[Paper]
ARXIV
FOCS
Independent
A basic computational primitive in the analysis of massive datasets is summing simple functions over a large number of objects. Modern applications pose an additional challenge in that such functions often depend on a parameter vector \(y\) (query) that is unknown a priori. Given a set of points \(X\subset \mathbb{R}^{d}\) and a pairwise function \(w:\mathbb{R}^{d}\times \mathbb{R}^{d}\to [0,1]\), we study the problem of designing a data-structure that enables sublinear-time approximation of the summation \(Z_{w}(y)=\frac{1}{|X|}\sum_{x\in X}w(x,y)\) for any query \(y\in \mathbb{R}^{d}\).

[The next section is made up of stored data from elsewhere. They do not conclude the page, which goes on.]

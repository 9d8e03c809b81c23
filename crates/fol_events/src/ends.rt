//! The line of the end of a tick.

ghost use Rattle.std.specs.Prelude.{◌≡◌, ℕ, ◌<◌, ◌^◌, List, [], ◌∷◌, ◌++◌, true, length, IfOk, OnErr, Err};
ghost use Rattle.fol_model.specs.ReportWords.{ran_words, accept_words};
ghost use Rattle.fol_events.specs.declared.faults.Fault.TheVariants.{Unspelled};
ghost use Rattle.fol_events.specs.declared.heads.Head.TheVariants as heads;
ghost use Rattle.fol_events.specs.InRange.{RanInRange, AcceptInRange};
ghost use Rattle.fol_events.specs.Pieces.{NoneIn, counted, CountInRange};
ghost use Rattle.fol_events.specs.Bodies.{IsBody, NoBody};

use crate::answers::{accept, ran};
use crate::faults::Fault;
use crate::words::Words;
use fol_model::{Accept, Event, Ran, Sequence};
use std::alloc::Global;

/// How many tasks ran, and what each came to.
fn rans(alloc: Global, words: &mut Words) -> Result<Sequence<Ran>, Fault>
    ensures found { IfOk result (λ v. CountInRange RanInRange v
        × (words.old ≡ counted ran_words v ++ words.new)) }
    ensures none { result ≡ Err Unspelled
        → NoneIn (counted ran_words) (CountInRange RanInRange) words.old }
{
    let count = words.wide()?;
    let mut items = Sequence::new(alloc);
    for _turn in 0..count {
        let item = ran(words)?;
        items.push(item)?;
    }
    Ok(items)
}

/// How many tasks were asked for, and what became of each.
fn accepts(alloc: Global, words: &mut Words) -> Result<Sequence<Accept>, Fault>
    ensures found { IfOk result (λ v. CountInRange AcceptInRange v
        × (words.old ≡ counted accept_words v ++ words.new)) }
    ensures none { result ≡ Err Unspelled
        → NoneIn (counted accept_words) (CountInRange AcceptInRange) words.old }
{
    let count = words.wide()?;
    let mut items = Sequence::new(alloc);
    for _turn in 0..count {
        let item = accept(words)?;
        items.push(item)?;
    }
    Ok(items)
}

/// What follows `end`.
pub fn end(alloc: Global, words: &mut Words) -> Result<Event, Fault>
    ensures found { IfOk result (λ e. IsBody heads.End e words.old) }
    ensures none { result ≡ Err Unspelled → NoBody heads.End words.old }
{
    let worker = words.small()?;
    let region = words.wide()?;
    words.pass(b"tick")?;
    let tick = words.wide()?;
    words.pass(b"ran")?;
    let ran = rans(alloc, words)?;
    words.pass(b"accepted")?;
    let accepts = accepts(alloc, words)?;
    words.end()?;
    Ok(Event::End {
        worker,
        region,
        tick,
        ran,
        accepts,
    })
}
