//! Words in the place of numbers that are not negative.

ghost use Rattle.std.specs.Prelude.{◌≡◌, ℕ, ◌≤◌, decimal, MatchOption};
ghost use Rattle.std.specs.Str.Parse.{AllDigits, digits_value};
ghost use Rattle.std.specs.Option.{SomeIff};
ghost use Rattle.std.specs.Prelude.{◌+◌, ◌*◌, ◌-◌, ◌<◌, ◌^◌};

use fol_script::is_natural;

/// The value with one more digit, where it has 64 bits.
fn one_more(value: u64, digit: u8) -> Option<u64>
    requires { (48 ≤ digit) × (digit ≤ 57) }
    ensures { SomeIff result (value * 10 + (digit - 48) < 2 ^ 64) (value * 10 + (digit - 48)) }
{
    value.checked_mul(10)?.checked_add(u64::from(digit - b'0'))
}

/// The value of these digits, where it has 64 bits.
fn value_of(digits: &[u8]) -> Option<u64>
    requires { AllDigits 10 digits.now }
    ensures { SomeIff result (digits_value 10 digits.now < 2 ^ 64) (digits_value 10 digits.now) }
{
    let mut value: u64 = 0;
    for b in digits {
        value = one_more(value, *b)?;
    }
    Some(value)
}

/// The number up to `most` that a word spells.
pub fn read_natural(word: &[u8], most: u64) -> Option<u64>
    ensures { MatchOption result ((n : ℕ) → n ≤ most → word.now ≡ decimal n
        → ⊥) (λ n. (n ≤ most) × (word.now ≡ decimal n)) }
{
    if !is_natural(word) {
        return None;
    }
    let value = value_of(word)?;
    if value <= most { Some(value) } else { None }
}
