//! The reader of the event lines of a report.
//!
//! `fol_model` says which words each event has in a report. `read_events` gives the history that the bytes of a report tell, or the first
//! line of its head and its event lines that is not as it must be: it is no line of any event whose numbers are within their types,
//! whose places are within the limits, and whose posts may be asked for. The rest of a report is not read.
//!
//! From the bottom up: `words` cuts a line into words and reads numbers and places, `answers` and `actions` read what an event holds,
//! `heads` the first word of a line, `events` and `ends` a whole event, `lines` one line of a report, and `reading` all of them.
//! Laws say that a line tells one event, a report one history, and one with a fault none. The crate serves the checker of reports.
#![tactic(auto)]

ghost use Rattle.fol_events.specs.Laws.{OneEvent, OneHistory, NoFault, FewEvents};

mod actions;
mod answers;
mod ends;
mod events;
mod faults;
mod heads;
mod lines;
mod numbers;
mod reading;
mod words;

pub use actions::action;
pub use events::read_event;
pub use faults::Fault;
pub use lines::{behind_head, cut_line};
pub use reading::{EventLines, read_events};
pub use words::{Words, is_word};

/// Two events in range with the same words are the same.
pub fn one_event()
    ensures { OneEvent }
{}

/// Bytes begin with the event lines of one history at most, whatever follows them.
pub fn one_history()
    ensures { OneHistory }
{}

/// Bytes with a fault do not begin with the event lines of any history in range.
pub fn no_fault()
    ensures { NoFault }
{}

/// Bytes of at most 16,777,216 begin with the event lines of a history of at most so many events.
pub fn few_events()
    ensures { FewEvents }
{}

By combining ideas from Harmonic Analysis (partitions of unity and approximation theory) with Hashing-Based-Estimators [Charikar, Siminelakis FOCS’17], we provide a general framework for designing such data structures through hashing that reaches far beyond what previous techniques allowed. A key design principle is a collection of \(T\geq 1\) hashing schemes with collision probabilities \(p_{1},\ldots, p_{T}\) such that \(\sup_{t\in [T]}\{p_{t}(x,y)\} = \Theta(\sqrt{w(x,y)})\). This leads to a data-structure that approximates \(Z_{w}(y)\) using a sub-linear number of samples from each hash family. Using this new framework along with Distance Sensitive Hashing [Aumuller, Christiani, Pagh, Silvestri PODS’18], we show that such a collection can be constructed and evaluated efficiently for any log-convex function \(w(x,y)=e^{\phi(\langle x,y\rangle)}\) of the inner product on the unit sphere \(x,y\in \mathcal{S}^{d-1}\). Our method leads to data structures with sub-linear query time that significantly improve upon random sampling and can be used for Kernel Density or Partition Function Estimation. We provide extensions of our result from the sphere to \(\mathbb{R}^{d}\) and from scalar functions to vector functions.